Readers of this blog will know I am fascinated by representations of Time as a straight line. This is of course just one model, often contrasted with cyclic or circular models allegedly held by, for example, Greek, Asian, or any non-Judaeo-Christian cultures. Such binary contrasts have been rejected as simplistic by Feeney (2007:3), Goody (2006: 18) and Gould (1987) respectively. In fact in any culture we seem to operate comfortably with switchable concepts of Time. In the words of Möller and Luraghi (1995:7), ‘most people perceive time in different ways according to their context or situation, with the result that any one culture is characterised by a range of different perceptions of time.’
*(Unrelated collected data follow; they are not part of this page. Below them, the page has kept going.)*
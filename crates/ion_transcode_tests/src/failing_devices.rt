//! Runs over devices that move one byte a call, and fail at one of their calls.
ghost use Rattle.std.specs.Prelude.{◌≡◌};

use super::rows::{Verdict, answer_of};
use super::runs::{LIMITS, text};
use super::same::same;
use ion_meter::device::{Broken, Input, Output};
use ion_meter::fault::{Fault, Reason};
use ion_meter::limits::Limits;
use ion_meter::meter::Meter;
use ion_symbols::catalog::Catalog;
use ion_transcode::run::run;
use ion_transcode::to::{Summary, To};
use std::alloc::Global;
use std::cell::Cell;
use std::process::Abort;
use std::test::Fail;

/// An input that gives one byte a call, or many, and fails at one call.
#[derive(Drop)]
struct Drip<'a> {
    left: &'a [u8],
    /// The most that it gives a call.
    most: usize,
    calls: usize,
    fails_at: usize,
    failures: u64,
    /// How many bytes the output has taken, and how many it had taken before the last call.
    written: &'a Cell<usize>,
    written_before: usize,
}

impl<'a> Drip<'a> {
    /// It gives a byte a call, and fails at this call, counted from 1 on, and at none where this is 0.
    fn new(left: &'a [u8], fails_at: usize, written: &'a Cell<usize>) -> Drip<'a>
        ensures { result.failures ≡ 0 }
    {
        Drip {
            left,
            most: 1,
            calls: 0,
            fails_at,
            failures: 0,
            written,
            written_before: 0,
        }
    }

    /// It gives as much as is asked for, and fails at no call.
    fn whole(left: &'a [u8], written: &'a Cell<usize>) -> Drip<'a>
        ensures { result.failures ≡ 0 }
    {
        Drip {
            most: usize::MAX,
            ..Drip::new(left, 0, written)
        }
    }
}

impl Input for Drip<'_> {
    ghost rest = { λ d. d.left.now };

    ghost failure_count = { λ d. d.failures };

    ghost observable = { λ _. Unit {0} };

    ghost yields = { λ _ _ _. Unit {0} };

    fn read(&mut self, into: &mut [u8]) -> Result<usize, Broken> {
        self.calls = self.calls.saturating_add(1);
        self.written_before = self.written.get();
        if self.calls == self.fails_at {
            self.failures += 1;
            return Err(Broken);
        }
        let n = self.left.len().min(self.most.max(1)).min(into.len());
        into[..n].copy_from_slice(&self.left[..n]);
        self.left = &self.left[n..];
        Ok(n)
    }

    fn failures(&self) -> u64 {
        self.failures
    }
}

/// How an output fails.
#[derive(Clone, Copy)]
enum Failing {
    ByErr,
    ByTakingNothing,
}

/// An output that takes one byte a call, and fails at one call.
#[derive(Drop)]
struct Narrow<'a> {
    taken: Vec<u8>,
    calls: usize,
    fails_at: usize,
    failing: Failing,
    failures: u64,
    /// How many bytes it has taken.
    written: &'a Cell<usize>,
}

impl<'a> Narrow<'a> {
    /// It fails at this call, counted from 1 on, and at none where this is 0.
    fn new(alloc: Global, fails_at: usize, failing: Failing, written: &'a Cell<usize>) -> Narrow<'a>
        ensures { result.failures ≡ 0 }
    {
        Narrow {
            taken: Vec::new(alloc),
            calls: 0,
            fails_at,
            failing,
            failures: 0,
            written,
        }
    }
}

impl Output for Narrow<'_> {
    ghost written = { λ d. d.taken.items };

    ghost failure_count = { λ d. d.failures };

    ghost observable = { λ _. Unit {0} };

    fn write(&mut self, bytes: &[u8]) -> Result<usize, Broken> {
        if bytes.is_empty() {
            return Ok(0);
        }
        self.calls = self.calls.saturating_add(1);
        if self.calls == self.fails_at {
            self.failures += 1;
            return match self.failing {
                Failing::ByErr => Err(Broken),
                Failing::ByTakingNothing => Ok(0),
            };
        }
        if self.taken.push(bytes[0]).is_err() {
            self.failures += 1;
            return Err(Broken);
        }
        self.written.set(self.taken.len());
        Ok(1)
    }

    fn failures(&self) -> u64 {
        self.failures
    }
}

/// A stream, how it is written, and what a run over the whole of it answers and writes.
#[derive(Clone, Copy)]
struct Row<'a> {
    input: &'a [u8],
    to: To,
    answer: Result<Summary, Fault>,
    output: &'a [u8],
}

/// What a run answers, and the devices. All memory has to be given back.
fn run_on<'a, 'b>(
    rt: &impl Abort,
    alloc: Global,
    limits: Limits,
    to: To,
    input: Drip<'a>,
    output: Narrow<'b>,
) -> (Result<Summary, Fault>, Drip<'a>, Narrow<'b>)
    requires reads { input.failures ≡ 0 }
    requires writes { output.failures ≡ 0 }
{
    assert!(rt; limits.check());
    let mut meter = Meter::new(alloc);
    let catalog = Catalog::new(&meter);
    let (answer, input, output) = run(&mut meter, &catalog, limits, to, input, output);
    same(rt, meter.held(), 0);
    same(rt, meter.refused(), 0);
    (answer, input, output)
}

/// Whether a run meets this call of its input, which fails. Nothing is written then, and no device is called again.
fn fails_reading(rt: &impl Abort, alloc: Global, row: Row, call: usize) -> bool {
    let written = Cell::new(0);
    let input = Drip::new(row.input, call, &written);
    let output = Narrow::new(alloc, 0, Failing::ByErr, &written);
    let (answer, input, output) = run_on(rt, alloc, LIMITS, row.to, input, output);
    let taken = output.taken.as_slice();
    same(rt, output.failures, 0);
    if input.failures == 0 {
        same(rt, (row.input, answer), (row.input, row.answer));
        same(rt, taken, row.output);
        return false;
    }
    same(rt, (input.calls, input.failures), (call, 1));
    same(rt, (row.input, answer), (row.input, Err(Fault::ReadFault)));
    assert!(rt; row.output.starts_with(taken));
    same(rt, taken.len(), input.written_before);
    true
}

/// Whether a run over the whole input meets this call of its output, which fails. What was taken are
/// the first bytes of all that would be, and no device is called again.
fn fails_writing(
    rt: &impl Abort,
    alloc: Global,
    row: Row,
    most: usize,
    call: usize,
    failing: Failing,
) -> bool {
    let written = Cell::new(0);
    let input = Drip {
        most,
        ..Drip::new(row.input, 0, &written)
    };
    let output = Narrow::new(alloc, call, failing, &written);
    let (answer, input, output) = run_on(rt, alloc, LIMITS, row.to, input, output);
    let taken = output.taken.as_slice();
    same(rt, input.failures, 0);
    if output.failures == 0 {
        same(rt, (row.input, answer), (row.input, row.answer));
        same(rt, taken, row.output);
        return false;
    }
    same(rt, (output.calls, output.failures), (call, 1));
    same(rt, (row.input, answer), (row.input, Err(Fault::WriteFault)));
    assert!(rt; row.output.starts_with(taken));
    same(rt, taken.len(), call.saturating_sub(1));
    true
}

/// How many calls of the input of a run fail, where the first one does, then the second, and so on.
fn count_reads(rt: &impl Abort, alloc: Global, row: Row) -> usize {
    for call in 1..10_000 {
        if !fails_reading(rt, alloc, row, call) {
            return call - 1;
        }
    }
    panic!(rt; "each run met a failure")
}

/// How many calls of the output of a run fail, where the first one does, then the second, and so
/// on.
fn count_writes(rt: &impl Abort, alloc: Global, row: Row, most: usize, failing: Failing) -> usize {
    for call in 1..10_000 {
        if !fails_writing(rt, alloc, row, most, call, failing) {
            return call - 1;
        }
    }
    panic!(rt; "each run met a failure")
}

/// Fails each call of each device of a run. There is a write for each byte, and a read for each and
/// one for the end.
fn fail_each(rt: &impl Abort, alloc: Global, row: Row) {
    same(
        rt,
        count_reads(rt, alloc, row),
        row.input.len().saturating_add(1),
    );
    for most in [1, usize::MAX] {
        for failing in [Failing::ByErr, Failing::ByTakingNothing] {
            let writes = count_writes(rt, alloc, row, most, failing);
            same(rt, writes, row.output.len());
        }
    }
}

/// Streams, how many values they have, or why and where they are refused, what is shown of them, and
/// what is written of them in the other form.
const ROWS: &[(&[u8], Verdict, &[u8], &[u8])] = &[
    (
        b"null.int 5 -0 'a b'",
        Ok(4),
        b"null.int\n5\n0\n'a b'\n",
        b"\xE0\x01\x00\xEA\x2F\x21\x05\x20\xEC\x81\x83\xD9\x86\x71\x03\x87\xB4\x83a b\x71\x0A",
    ),
    (
        b"\xE0\x01\x00\xEA\xEA\x81\x83\xD7\x87\xB2\x81a\x86\x71\x03\
            \xEA\x81\x83\xD7\x87\xB2\x81b\x86\x71\x03\x71\x0A\x71\x0B",
        Ok(2),
        b"a\nb\n",
        b"a\nb\n",
    ),
    (
        b"\xE0\x01\x00\xEA\x21\x05\x82a",
        Err(Fault::Refused(Reason::Truncated, 6)),
        b"5\n",
        b"5\n",
    ),
    (
        b"[1,{a:",
        Err(Fault::Refused(Reason::Truncated, 6)),
        b"[1,{",
        b"\xE0\x01\x00\xEA",
    ),
];

#[test]
fn each_call_of_a_device_fails(rt: HostRuntime) {
    for (input, verdict, shown, converted) in ROWS {
        let answer = answer_of(input, *verdict);
        for (to, output) in [
            (To::Text, *shown),
            (To::Other, *converted),
            (To::Nothing, b"".as_slice()),
        ] {
            let row = Row {
                input: *input,
                to,
                answer,
                output,
            };
            fail_each(&rt, rt.alloc(), row);
        }
    }
}

/// The beginning of a stream of 4,096 bytes, the byte that it has between, its end, what is shown of it, and its answer.
type Filled = (&'static [u8], u8, &'static [u8], Verdict, &'static [u8]);

/// Streams that fill a window, of which no value at top level is whole before their end is read.
const FILLED: &[Filled] = &[
    (b"", b' ', b"340", Ok(1), b"340\n"),
    (
        b"\xE0\x01\x00\xEA\x0E\x1F\xF4",
        0,
        b"\xB5\x21\x05\x82a",
        Err(Fault::Refused(Reason::Truncated, 4_094)),
        b"[5",
    ),
];

/// A stream of 4,096 bytes.
fn filled(alloc: Global, begin: &[u8], fill: u8, end: &[u8]) -> Result<Vec<u8>, Fail> {
    let mut input = Vec::from_slice(alloc, begin)?;
    for _ in begin.len().saturating_add(end.len())..4_096 {
        input.push(fill)?;
    }
    input.extend_from_slice(end)?;
    Ok(input)
}

// A failure takes the place of the answer, also where all of the input was read.
#[test]
fn the_last_flush_fails(rt: HostRuntime) -> Result<(), Fail> {
    for (begin, fill, end, verdict, output) in FILLED {
        let input = filled(rt.alloc(), begin, *fill, end)?;
        let row = Row {
            input: input.as_slice(),
            to: To::Text,
            answer: answer_of(input.as_slice(), *verdict),
            output: *output,
        };
        expect_late(&rt, rt.alloc(), row);
        for failing in [Failing::ByErr, Failing::ByTakingNothing] {
            let writes = count_writes(&rt, rt.alloc(), row, usize::MAX, failing);
            same(&rt, writes, output.len());
        }
    }
    Ok(())
}

/// Asserts that nothing of a stream is written before its end is read.
fn expect_late(rt: &impl Abort, alloc: Global, row: Row) {
    let written = Cell::new(0);
    let input = Drip::whole(row.input, &written);
    let output = Narrow::new(alloc, 0, Failing::ByErr, &written);
    let (answer, input, output) = run_on(rt, alloc, LIMITS, row.to, input, output);
    same(rt, answer, row.answer);
    same(rt, (input.calls, input.written_before), (2, 0));
    same(rt, output.taken.as_slice(), row.output);
}

// What was written is a prefix of what the whole values before the fault are shown as.
#[test]
fn an_input_is_cut_off(rt: HostRuntime) {
    let rows = [
        (b"1 2 3".as_slice(), 5, 0, text(3), "1\n2\n3\n"),
        (b"1 2 3".as_slice(), 4, 0, Err(Fault::InputLimit), "1\n2\n"),
        (b"12".as_slice(), 1, 0, Err(Fault::InputLimit), ""),
        (b"12".as_slice(), 2, 2, Err(Fault::ReadFault), ""),
    ];
    for (bytes, most, fails_at, want, whole) in rows {
        let written = Cell::new(0);
        let input = Drip::new(bytes, fails_at, &written);
        let output = Narrow::new(rt.alloc(), 0, Failing::ByErr, &written);
        let limits = Limits {
            input: most,
            ..LIMITS
        };
        let (answer, input, output) = run_on(&rt, rt.alloc(), limits, To::Text, input, output);
        same(&rt, answer, want);
        assert!(rt; whole.as_bytes().starts_with(output.taken.as_slice()));
        let taken = if answer.is_ok() {
            whole.len()
        } else {
            input.written_before
        };
        same(&rt, output.taken.len(), taken);
    }
}
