//! Codes with a child, and what they leave.

ghost use Rattle.std.specs.Prelude.{◌≡◌, IfOk};
ghost use Rattle.block_run.specs.Agreement.{AreInputs};
ghost use Rattle.block_run.specs.Area.{count};
ghost use Rattle.fun_run.specs.Merging.{AreMergesOf};
ghost use Rattle.rev_vm.specs.Starts.{run_under};

use crate::driver::run_to_end;
use code_verifier::{CodeFault, verify};
use fun_run::BlockMerges;
use leg_run::CodeSetting;
use rev_code::{BlockClass, Code, CodeBlock, CodeVar, Instr, LayoutItem};
use rev_num::{Items, ValueKind};
use rev_vm::{start_main, start_whole};
use std::alloc::{AllocError, Global};
use version_map::{EndValue, MergeBy, Snapshot};

/// A copy of these items.
pub fn items<T: Copy>(alloc: Global, all: &[T]) -> Result<Items<T>, AllocError> {
    Ok(Items::from_vec(Vec::from_slice(alloc, all)?))
}

/// A block of these parts. The kinds of its locals are those of its parameters first.
pub fn block(
    alloc: Global,
    class: BlockClass,
    params: u8,
    result_kind: Option<ValueKind>,
    locals: &[ValueKind],
    instrs: &[Instr],
) -> Result<CodeBlock, AllocError> {
    Ok(CodeBlock {
        class,
        params,
        result: result_kind,
        locals: items(alloc, locals)?,
        instrs: items(alloc, instrs)?,
    })
}

/// A variable of so many cells. A cumulative one is merged by block 1.
pub fn variable(
    alloc: Global,
    name: u8,
    cumulative: bool,
    cells: u32,
) -> Result<CodeVar, AllocError>
    ensures { IfOk result (λ v. v.cells ≡ cells) }
{
    Ok(CodeVar {
        name: items(alloc, &[name])?,
        cumulative,
        kind: ValueKind::Int,
        array: cells > 1,
        cells,
        start: 0,
        merge: if cumulative { 1 } else { 65_535 },
    })
}

/// Fun 0 gives the sum of its first number and the difference of the two others, and merge 1
/// applies it.
pub fn fun_and_merge(alloc: Global) -> Result<Vec<CodeBlock>, AllocError> {
    let int = Some(ValueKind::Int);
    let three = [ValueKind::Int, ValueKind::Int, ValueKind::Int];
    let sum: &[Instr] = &[
        Instr::LoadLocal(0),
        Instr::LoadLocal(1),
        Instr::LoadLocal(2),
        Instr::Sub,
        Instr::Add,
        Instr::Return,
    ];
    let applied: &[Instr] = &[
        Instr::LoadLocal(0),
        Instr::LoadLocal(1),
        Instr::LoadLocal(2),
        Instr::Apply(0),
        Instr::Return,
    ];
    let mut blocks = Vec::new(alloc);
    blocks.push(block(alloc, BlockClass::Fun, 3, int, three.as_slice(), sum)?)?;
    blocks.push(block(alloc, BlockClass::Merge, 3, int, three.as_slice(), applied)?)?;
    Ok(blocks)
}

/// Behind the fun and the merge, block 2 is the child, with a local of each kind, and block 3
/// `main`, with the same.
fn blocks_of(
    alloc: Global,
    child: &[Instr],
    main: &[Instr],
) -> Result<Items<CodeBlock>, AllocError> {
    let kinds = [ValueKind::Int, ValueKind::Bool, ValueKind::Rev];
    let mut blocks = fun_and_merge(alloc)?;
    blocks.push(block(alloc, BlockClass::Proc, 0, None, kinds.as_slice(), child)?)?;
    blocks.push(block(alloc, BlockClass::Main, 0, None, kinds.as_slice(), main)?)?;
    Ok(Items::from_vec(blocks))
}

/// The variables are `v` and the cumulative `n` of ten cells each, and `x` of one. Layout 0 prints
/// a number, layout 1 a truth value.
pub fn code_of(alloc: Global, child: &[Instr], main: &[Instr]) -> Result<Code, AllocError> {
    let mut vars = Vec::new(alloc);
    vars.push(variable(alloc, b'v', false, 10)?)?;
    vars.push(variable(alloc, b'n', true, 10)?)?;
    vars.push(variable(alloc, b'x', false, 1)?)?;
    let mut layouts = Vec::new(alloc);
    layouts.push(items(alloc, &[LayoutItem::Int])?)?;
    layouts.push(items(alloc, &[LayoutItem::Bool])?)?;
    Ok(Code {
        vars: Items::from_vec(vars),
        texts: Items::from_vec(Vec::new(alloc)),
        layouts: Items::from_vec(layouts),
        blocks: blocks_of(alloc, child, main)?,
    })
}

/// The setting of verified code with these inputs, where a child gets at most 100 of the fuel.
pub fn setting_of(
    alloc: Global,
    code: Code,
    inputs: Vec<i64>,
) -> Result<Option<CodeSetting>, AllocError>
    requires { AreInputs inputs.items }
{
    match verify(alloc, code) {
        Ok(verified) => {
            let setting = CodeSetting::new(alloc, verified.into_code(), inputs, 100)?;
            Ok(Some(setting))
        },
        Err(CodeFault::OutOfMemory) => Err(AllocError),
        Err(_) => Ok(None),
    }
}

/// What the code of a setting leaves that ends in so many legs, with fuel 10,000.
pub fn left_under<M: MergeBy>(
    alloc: Global,
    setting: &CodeSetting,
    merges: &mut M,
    legs: u32,
) -> Result<Option<EndValue>, AllocError>
    requires size { M.size merges.old ≡ count setting.now.code.vars }
    requires merges { AreMergesOf (run_under setting.now) (M.merges merges.old) }
    ensures merges_size { M.size merges.new ≡ M.size merges.old }
    ensures merges_same { M.merges merges.new ≡ M.merges merges.old }
{
    let snapshot = start_whole(alloc, setting.code())?;
    match start_main(alloc, setting, snapshot, 10_000) {
        Ok(runner) => match run_to_end(alloc, setting, merges, runner, legs)? {
            Some((end, ())) => Ok(Some(end)),
            None => Ok(None),
        },
        Err(snapshot) => {
            snapshot.release();
            Err(AllocError)
        },
    }
}
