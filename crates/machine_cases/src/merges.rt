//! Merges by merge blocks.

ghost use Rattle.std.specs.Prelude.{◌≡◌, ◌<◌, IfOk};
ghost use Rattle.block_run.specs.Area.{count};

use crate::codes::{block, fun_and_merge, variable};
use code_verifier::{CodeFault, verify};
use fun_run::BlockMerges;
use rev_code::{BlockClass, Code, Instr};
use rev_num::{Items, NumFault, int_of_word, word_of_int};
use std::alloc::{AllocError, Global};
use version_map::MergeBy;

/// A versioned variable, and a cumulative array of two cells.
fn code_of(alloc: Global) -> Result<Code, AllocError>
    ensures { IfOk result (λ code. count code.vars ≡ 3) }
{
    let mut blocks = fun_and_merge(alloc)?;
    blocks.push(block(alloc, BlockClass::Main, 0, None, &[], &[Instr::Return])?)?;
    let mut vars = Vec::new(alloc);
    vars.push(variable(alloc, b'v', false, 1)?)?;
    vars.push(variable(alloc, b'n', true, 2)?)?;
    Ok(Code {
        vars: Items::from_vec(vars),
        texts: Items::from_vec(Vec::new(alloc)),
        layouts: Items::from_vec(Vec::new(alloc)),
        blocks: Items::from_vec(blocks),
    })
}

/// What the merge of a location gives for three numbers.
fn merged(
    merges: &mut BlockMerges,
    location: u32,
    main: i64,
    join: i64,
    root: i64,
) -> Result<i64, NumFault>
    requires { location < count merges.old.code.now.vars }
    ensures { count merges.new.code.now.vars ≡ count merges.old.code.now.vars }
{
    let word = merges.merge(
        location,
        word_of_int(main),
        word_of_int(join),
        word_of_int(root),
    )?;
    Ok(int_of_word(word))
}

/// Whether the merges of a versioned and of a cumulative location give what they should.
pub fn give_what_they_should(alloc: Global) -> Result<bool, AllocError> {
    let code = code_of(alloc)?;
    let verified = match verify(alloc, code) {
        Ok(verified) => verified,
        Err(CodeFault::OutOfMemory) => return Err(AllocError),
        Err(_) => return Ok(false),
    };
    let mut merges = BlockMerges::new(alloc, &verified)?;
    Ok(
        merged(&mut merges, 0, 10, 7, 4) == Ok(7)
            && merged(&mut merges, 2, 10, 7, 4) == Ok(13)
            && merged(&mut merges, 1, i64::MAX, 7, 4) == Err(NumFault::Overflow)
            && merged(&mut merges, 1, i64::MIN, -5, -5) == Ok(i64::MIN),
    )
}
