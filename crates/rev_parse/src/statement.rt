//! The parser of statements and blocks.
ghost use Rattle.std.specs.Prelude.{◌≡◌, ◌++◌, [], ◌∷◌, OnOk, map, length, option_map};
ghost use Rattle.rev_expressions.specs.Grammar as spec;
ghost use Rattle.rev_expressions.specs.Statements as st;
ghost use Rattle.rev_expressions.specs.Lists.{more_of, more_listed};
ghost use Rattle.rev_expressions.specs.Parse.{parse};
ghost use Rattle.rev_expressions.specs.Parses.{Parses, ParsesBy};
ghost use Rattle.rev_parse.specs.Parts.{statement_form_of_name, flat_form_behind, form_behind};
ghost use Rattle.rev_parse.specs.Parts.{item_begins, more_parts, statement_begins};
ghost use Rattle.rev_parse.specs.Parts.{with_last};
ghost use Rattle.rev_syntax.specs.View as view;

use crate::form;
use rev_expressions::{
    Cursor, SourceText, TreeFault, arguments, begins_expr, bracketed, expr, name, within,
};
use rev_syntax::{Arm, Block, Expr, Fixed, Form, Item, Name, Rhs, Stmt, Token, TokenKind};
use std::alloc::AllocError;

/// Arguments in their parentheses.
#[tactic(auto, using(crate::proofs::StatementRules::actual_cases))]
fn actual(
    source: &SourceText<'_>,
    cursor: &mut Cursor<'_>,
    levels: u32,
) -> Result<Vec<Expr>, TreeFault>
    ensures { Parses st.actual
        source.now levels cursor.old (λ es. map view.expression es.items) result cursor.new }
{
    if !cursor.is_at(Fixed::OpenParen) {
        return Err(TreeFault::Unexpected);
    }
    let inner = within(levels)?;
    cursor.advance();
    arguments(source, cursor, inner)
}

/// A name and the arguments behind it.
#[tactic(auto, using(crate::proofs::StatementRules::application_is))]
fn application(
    source: &SourceText<'_>,
    cursor: &mut Cursor<'_>,
    levels: u32,
) -> Result<(Name, Vec<Expr>), TreeFault>
    ensures { Parses st.application
        source.now levels cursor.old
        (λ p. (view.placed_name p.0, map view.expression p.1.items)) result cursor.new }
{
    let name = name(source, cursor, levels)?;
    let args = actual(source, cursor, levels)?;
    Ok((name, args))
}

/// What is assigned.
fn right_side(
    source: &SourceText<'_>,
    cursor: &mut Cursor<'_>,
    levels: u32,
) -> Result<Rhs, TreeFault>
    ensures { Parses st.right_side source.now levels cursor.old view.right_side result cursor.new }
{
    let Some(token) = cursor.peek() else {
        return Err(TreeFault::Unexpected);
    };
    let at = token.start;
    match token.kind {
        TokenKind::Fixed(Fixed::Call) => {
            cursor.advance();
            let (name, args) = application(source, cursor, levels)?;
            Ok(Rhs::Call { at, name, args })
        }
        TokenKind::Fixed(Fixed::Fork) => {
            cursor.advance();
            let (name, args) = application(source, cursor, levels)?;
            Ok(Rhs::Fork { at, name, args })
        }
        TokenKind::Fixed(Fixed::TryJoin) => {
            cursor.advance();
            let handle = expr(source, cursor, levels)?;
            Ok(Rhs::Try { at, handle })
        }
        _ => Ok(Rhs::Plain(expr(source, cursor, levels)?)),
    }
}

/// `=`, a right side and `;`.
#[tactic(auto, using(crate::proofs::StatementRules::assigned_is))]
fn assigned(source: &SourceText<'_>, cursor: &mut Cursor<'_>, levels: u32) -> Result<Rhs, TreeFault>
    ensures { Parses st.assigned source.now levels cursor.old view.right_side result cursor.new }
{
    cursor.expect(Fixed::Assign)?;
    let rhs = right_side(source, cursor, levels)?;
    cursor.expect(Fixed::Semicolon)?;
    Ok(rhs)
}

/// What follows a name that begins a statement.
fn assignment(
    source: &SourceText<'_>,
    cursor: &mut Cursor<'_>,
    levels: u32,
    name: Name,
) -> Result<Form, TreeFault>
    ensures { ParsesBy
        (λ b n ts. statement_form_of_name (view.placed_name name) (parse b n (st.assignment b) ts))
        source.now levels cursor.old view.statement_form result cursor.new }
{
    let Some(token) = cursor.peek() else {
        return Err(TreeFault::Unexpected);
    };
    match token.kind {
        TokenKind::Fixed(Fixed::Assign) => {
            let rhs = assigned(source, cursor, levels)?;
            Ok(form::assign(name, rhs))
        }
        _ => {
            let index = bracketed(source, cursor, levels)?;
            cursor.expect(Fixed::Assign)?;
            let value = expr(source, cursor, levels)?;
            cursor.expect(Fixed::Semicolon)?;
            Ok(form::assign_cell(name, index, value))
        }
    }
}

#[tactic(auto, using(crate::proofs::StatementRules::let_is))]
fn let_form(
    source: &SourceText<'_>,
    cursor: &mut Cursor<'_>,
    levels: u32,
) -> Result<Form, TreeFault>
    ensures { Parses st.let_form
        source.now levels cursor.old view.statement_form result cursor.new }
{
    let name = name(source, cursor, levels)?;
    let rhs = assigned(source, cursor, levels)?;
    Ok(form::let_form(name, rhs))
}

#[tactic(auto, using(crate::proofs::StatementRules::call_is))]
fn call_form(
    source: &SourceText<'_>,
    cursor: &mut Cursor<'_>,
    levels: u32,
) -> Result<Form, TreeFault>
    ensures { Parses st.call_form
        source.now levels cursor.old view.statement_form result cursor.new }
{
    let (name, args) = application(source, cursor, levels)?;
    cursor.expect(Fixed::Semicolon)?;
    Ok(form::call(name, args))
}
Charlotte Christoffersen, who is graduating this year from the Innovation Design Engineering programme at the Royal College of Art, has been investigating the different models of Time used by archetypal members of a family. It is partly motivated by her interest in intra-family communication, which she suspects is made more difficult if their models of Time are not shared. She has made a number of digital tools to ‘translate’ one kind of Time to another. One of the simplest but most effective is here:
Sliders (in the foreground here) alter four aspects of the model of time displayed on the screen.Operating one slider (controversially labelled masculinity / femininity!) transforms the working clock from a line to a circle, via all the stages in-between.
Feeney, D. (2007), Caesar’s Calendar: ancient time and the beginnings of history. Berkeley: Uni. California Press.
Goody, J. (2006), The Theft of History. Cambridge UK: Cambridge University Press.
Gould, S.J. (1987), Time’s Arrow, Time’s Cycle: myth and metaphor in the discovery of geological time. Cambridge MA: Harvard University Press.
Möller, A. and Luraghi, N. (1995), Time in the Writing of History: perceptions and structures. Storia della Storiografia 28. 3-15.